In introducing Vaid, Judy Bradford, Ph.D., noted the significance of this year’s award recipient.

“It matters a great deal to Fenway that Urvashi Vaid is receiving this award,” said Bradford, who directs the Center for Population Research in LGBT Health and serves as co-chair of The Fenway Institute.

“[It matters] because she represents what Fenway strives to be: The integration of best thinking, effective programs, and excellent health care to make a difference in the lives of people, all people, with specific attention to sexual and gender minorities,” Bradford said.

“[It matters] because she is one of us. Steadily focused on social justice to all members of our communities, the principles Urvashi has made clear underlie our dedication to ensure that human rights and access to health care are extended to all LGBT people,” Bradford added.

“[It matters] because she understands, completely and clearly that no one is defined only by race, only by gender, or only by sexual orientation. Each of us lives a unique life, and within that life should be treated fairly and with utter respect,” said Bradford.

Women Reproductive Rights and LGBT Rights

In accepting the award, Urvashi Vaid did not disappoint.

She spoke about the importance of connecting the dots between “women’s reproductive freedom and LGBT rights,” citing as an example, “the recent hullabaloo over Planned Parenthood and invasive vaginal sonograms.”

Vaid recalled how a gay man told emcee Clinton, her partner in life, that he “finally got it — that this fight was about social and political control of women’s freedom and women’s sexual agency and not just a moral argument about when life begins,” Vaid said.

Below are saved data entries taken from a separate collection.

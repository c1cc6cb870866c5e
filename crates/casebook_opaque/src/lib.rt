//! Texts that stand in a recording for what a case doesn't have.
//!
//! A recorder keeps no bytes of links, devices and large files. In the states of a recording there
//! is a file in the place of each, whose text says what it stands for, and tells it from others. So
//! it can be read, copied and removed as what it stands for, but must never be written to a folder.
//!
//! Such a text begins with [`opaque_mark`], and [`is_opaque`] recognizes it. [`stands_for`] says
//! what it stands for. A file that has such a text itself is taken for one as well.
//!
//! # What is proved
//!
//! All three are equations (`specs/Opaque.antt`).
#![tactic(auto)]

mod opaque;

pub use opaque::{is_opaque, opaque_mark, stands_for};
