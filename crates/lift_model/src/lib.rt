//! Markov models (parametric Markov chains and decision processes): what they are, and what their schedulers
//! (strategies, policies) reach.
#![tactic(auto)]

mod before;
mod blocks;
mod entry;
mod kind;
mod laws;
mod layout;
mod links;
mod lists;
mod model;
mod only_row;
mod order;
mod row;
mod shared;

pub use blocks::FirstRow;
pub use entry::Entry;
pub use kind::Kind;
pub use laws::{
    fair_plans_reach_one_half, plans_over_one_choice, same_choices_are_memoryless,
    tosses_are_bounded, weighted_sums_follow,
};
pub use layout::RowPlace;
pub use links::Links;
pub use model::Model;
pub use only_row::{OnlyRow, PairRow};
pub use row::Row;
pub use shared::{SharedPoly, is_same};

And yet she wondered out loud: “To what extent would leading organizations and funders of the LGBT movement agree that an issue like reproductive freedom, violence against women, women earning less than men, or expanding the definition of family in welfare programming to enable low-income families and kids to be covered — whether those issues would be seen as important issues for the LGBT movement,” said Vaid.

Lesbians must step out

“For millions of lesbians, economic justice, addressing racism and winning fair treatment as women are still issues that matter a great deal. But these issues and many feminist concerns remain on the periphery of the movement that we as women have helped to build,” Vaid explained.

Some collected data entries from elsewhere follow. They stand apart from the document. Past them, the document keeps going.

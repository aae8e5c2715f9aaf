//! Lists of numbers.

ghost use Rattle.std.specs.Prelude.{◌≡◌, replicate, slice_index_or, IfOk};

use std::alloc::{AllocError, Global};

/// So many zeros.
pub(crate) fn zeros(alloc: Global, count: usize) -> Result<Vec<u32>, AllocError>
    ensures { IfOk result (λ list. list.items ≡ replicate count 0) }
{
    vec![in alloc; 0u32; count]
}

/// The number at a place, and 0 past the end.
pub(crate) fn number_at(numbers: &[u32], place: usize) -> u32
    ensures { result ≡ slice_index_or numbers.now place 0 }
{
    numbers.get(place).copied().unwrap_or(0)
}

/// Writes a number at a place, and nothing past the end.
pub(crate) fn put(numbers: &mut [u32], place: usize, number: u32) {
    if let Some(entry) = numbers.get_mut(place) {
        *entry = number;
    }
}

A remedy?  “Lesbians must step up and step out, politically and philanthropically,” she said,  “The time, need, and urgency is now!”

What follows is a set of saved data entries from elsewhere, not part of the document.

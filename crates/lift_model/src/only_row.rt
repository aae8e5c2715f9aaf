//! States with one short row, of which most models consist: what is looked up of the row stands in one place.

ghost use Rattle.std.specs.Prelude.{◌≡◌, slice_index_or, IfOk, IfSome};
ghost use Rattle.lift_model.specs.OnlyRow.{IsOnlyPlace, IsRowAt, IsOnlyRowIn, AreOnlyRowsIn};

use crate::layout::RowPlace;
use crate::lists::number_at;
use std::alloc::{AllocError, Global};

/// A row of two entries.
#[derive(Clone, Copy)]
pub struct PairRow {
    /// The target of the first entry.
    pub first: u32,
    /// The target of the second entry.
    pub second: u32,
    /// Where its weights begin in a table.
    pub weights: u32,
    /// How many corners it has.
    pub corners: u32,
}

/// The only row of a state, as far as it is short.
#[derive(Clone, Copy)]
pub enum OnlyRow {
    /// It has one entry, which leads to this other state.
    Single(u32),
    /// It has two entries, which lead to other states.
    Pair(PairRow),
    /// The state has more rows, or a longer one, or one that leads back to it; or nothing is known of it.
    Other,
}

/// Where the only row of a state stands, if it has only one.
fn only_place(starts: &[u32], rows: &[RowPlace], s: u32) -> Option<RowPlace>
    ensures { IfSome result (IsOnlyPlace starts.now rows.now s) }
{
    let start = number_at(starts, s as usize);
    let end = number_at(starts, s as usize + 1);
    if end.saturating_sub(start) != 1 {
        return None;
    }
    rows.get(start as usize).copied()
}

/// The row at that place, for a state that has no other.
fn row_at_place(targets: &[u32], place: RowPlace, s: u32) -> OnlyRow
    ensures { IsRowAt targets.now place s result }
{
    let entries = place.entries as usize;
    let first = number_at(targets, entries);
    if first == s {
        return OnlyRow::Other;
    }
    if place.count == 1 {
        return OnlyRow::Single(first);
    }
    let second = number_at(targets, entries + 1);
    if place.count != 2 || second == s {
        return OnlyRow::Other;
    }
    OnlyRow::Pair(PairRow {
        first,
        second,
        weights: place.weights,
        corners: place.corners,
    })
}

/// The only row of a state.
fn only_row_of(starts: &[u32], rows: &[RowPlace], targets: &[u32], s: u32) -> OnlyRow
    ensures { IsOnlyRowIn starts.now rows.now targets.now s result }
{
    match only_place(starts, rows, s) {
        Some(place) => row_at_place(targets, place, s),
        None => OnlyRow::Other,
    }
}

/// The only row of a state, and of none past the end.
#[inline(always)]
pub(crate) fn only_row_at(only: &[OnlyRow], s: usize) -> OnlyRow
    ensures { result ≡ slice_index_or only.now s OnlyRow.Other }
{
    only.get(s).copied().unwrap_or(OnlyRow::Other)
}

/// The only rows of so many states.
pub(crate) fn find_only_rows(
    alloc: Global,
    starts: &[u32],
    rows: &[RowPlace],
    targets: &[u32],
    states: u32,
) -> Result<Vec<OnlyRow>, AllocError>
    ensures { IfOk result (λ list. AreOnlyRowsIn starts.now rows.now targets.now list.items) }
{
    let mut list = Vec::with_capacity(alloc, states as usize)?;
    for s in 0..states {
        list.push(only_row_of(starts, rows, targets, s))?;
    }
    Ok(list)
}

“I care about ensuring that my womb and gay men’s sexual freedoms are not regulated by the likes of Rick Santorum,” said Vaid.

The audience roared and applauded in agreement.

The Women’s Dinner party drew a number of elected officials, including Massachusetts State Treasurer Steve Grossman, State Representative Liz Malia, and Rhode Island State Representative Deb Ruggiero.

City of Boston officials also in attendance were Boston Mayor Thomas M. Menino and his wife Angela Menino, as well as Boston City Councilors John Connolly, Rob Consalvo, Matt O’Malley, and Michael Ross.

Cambridge City Councilor Denise Simmons and Suffolk County Sheriff Andrea Cabral attended.

Elizabeth Warren, a Democratic Party candidate for the US Senate, was also on hand.

In a new feature, the Women’s Dinner Party employed social media so that attendees could find a friend’s table on the ballroom map and view live feeds.

Foursquare enabled check in.

Dinner Party Mobile (m.womensdinnerparty.org) empowered people to browse live and silent auction items, create shopping lists, and make silent-auction bids — all via smart phones.

Dinner Party Mobile facilitated donations online, tweets of the event, and photo submissions for an online photo gallery.

The Twitter feed and photo gallery were projected on screen in the ballroom during the dance party.

Event co-chairs for Women’s Dinner Party 2012 were Theresa Murray, Gina Savageau, and Aimee Van Wagenen.